You don't say what type of Vallejo paint you used. Vallejo Model Color is the brush painting line of paint. I do thin that with water. Vallejo Model Air is their airbrush paint, and it generally does not need to be thinned.

Vallejo does make Airbrush Thinner and that should be used if you try to airbrush Model Color paint, or if you decide to thin Model Air

Vallejo paints are fairly delicate too. You don't say what you tried to mask it with, but regular masking tape can pull up a lot of types of paint. Try Frog Tape Delicate Surfaces or Tamiya Tape. Sealing one color with a clear coat can help too. Make sure the paint has cured properly also.


----------



## harpooner54 (Sep 15, 2008)

I usually spray Testors dullcote or Model Master lusterless (flat) lacquer over
the acrylic paint to help seal it & protect it before masking.

-David


----------



## DominickS (Jul 1, 2014)

*Thanks - I'll try those*

I'm using model color. I'll try with the Model Air and also try the clear coat. I notice that does a good job of protecting the paint just between colors/finishes.

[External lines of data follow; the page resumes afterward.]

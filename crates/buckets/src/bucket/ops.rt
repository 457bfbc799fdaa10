// The calls on a bucket table.
ghost use Rattle.std.specs.Prelude.{◌≡◌, [], length};
ghost use Rattle.store.specs.Stores.{at_most, taken};
ghost use Rattle.buckets.specs.Bucketed.{bucket_poly, bucket_room, AlwaysSpread, bucket_laws};

use crate::bucket::Buckets;
use crate::chains::wipe;
use crate::term::Term;
use sets::RankSet;
use std::cmp::Reverse;
use store::Store;
use store::check::slots_taken;
use store::slot::Full;

impl<'a> Buckets<'a> {
    // An empty table over lent records, whatever they held. Over a number of records that `check_slots` refuses, it uses none of them, and
    // holds the empty polynomial alone.
    pub fn new(slots: &'a mut [Term]) -> Buckets<'a>
        ensures empty { bucket_poly result ≡ [] }
        ensures room { bucket_room result ≡ at_most (taken 65536 (length slots.old)) }
        ensures spread { AlwaysSpread }
    {
        let n = slots_taken::<Buckets<'_>>(slots.len());
        let slots = &mut slots[..n];
        wipe(slots);
        Buckets { slots, count: 0 }
    }
}

impl Store for Buckets<'_> {
    const MOST: usize = 65_536;

    ghost most = { 65536 };

    ghost poly = { bucket_poly };

    ghost room = { bucket_room };

    ghost laws = { bucket_laws };

    fn most_slots() -> usize
        ensures { result ≡ 65536 }
    {
        Self::MOST
    }

    fn clear(&mut self) {
        wipe(&mut *self.slots);
        self.count = 0;
    }

    // 0 is the number of what does not stand. A match, since `map_or` would join both cases into one goal.
    fn read(&self, set: &RankSet) -> u32 {
        match self.slot_of(set) {
            Some(i) => self.slots[i].code,
            None => 0,
        }
    }

    // The two ends differ in the key alone, and a function over both would take a closure for three lines. The key is lent, so that no set is
    // copied. `max_by_key` would choose without a branch, and wait for each comparison before it begins the next.
    fn highest(&self, place: &mut RankSet) -> Option<u32> {
        let highest = self
            .slots
            .iter()
            .filter(|t| t.code != 0)
            .min_by_key(|t| Reverse(&t.set))?;
        *place = highest.set;
        Some(highest.code)
    }

    fn lowest(&self, place: &mut RankSet) -> Option<u32> {
        let lowest = self
            .slots
            .iter()
            .filter(|t| t.code != 0)
            .min_by_key(|t| &t.set)?;
        *place = lowest.set;
        Some(lowest.code)
    }

    fn count(&self) -> usize {
        self.count
    }

    fn write(&mut self, set: &RankSet, value: u32) -> Result<(), Full> {
        match (self.slot_of(set), value) {
            (Some(i), 0) => self.remove(i),
            (Some(i), _) => self.replace(i, value),
            (None, 0) => {}
            (None, _) => self.insert(set, value)?,
        }
        Ok(())
    }
}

I'll also try switching to a less tacky masking tape - I was using regular masking tape.

Dominick


----------



## Johnnyvegas (Oct 6, 2003)

Vallejo Model Color thinned properly (I use plain old water) for airbrushing is really fragile, even Tamiya tape will pull it, so be careful burnishing the tape down. Vallejo Model Air is much less fragile, but if you are not careful before your final clear coat, you can damage it also. I usually prime with model air black, or grey, that seems to help a little with model color, and peeling.


----------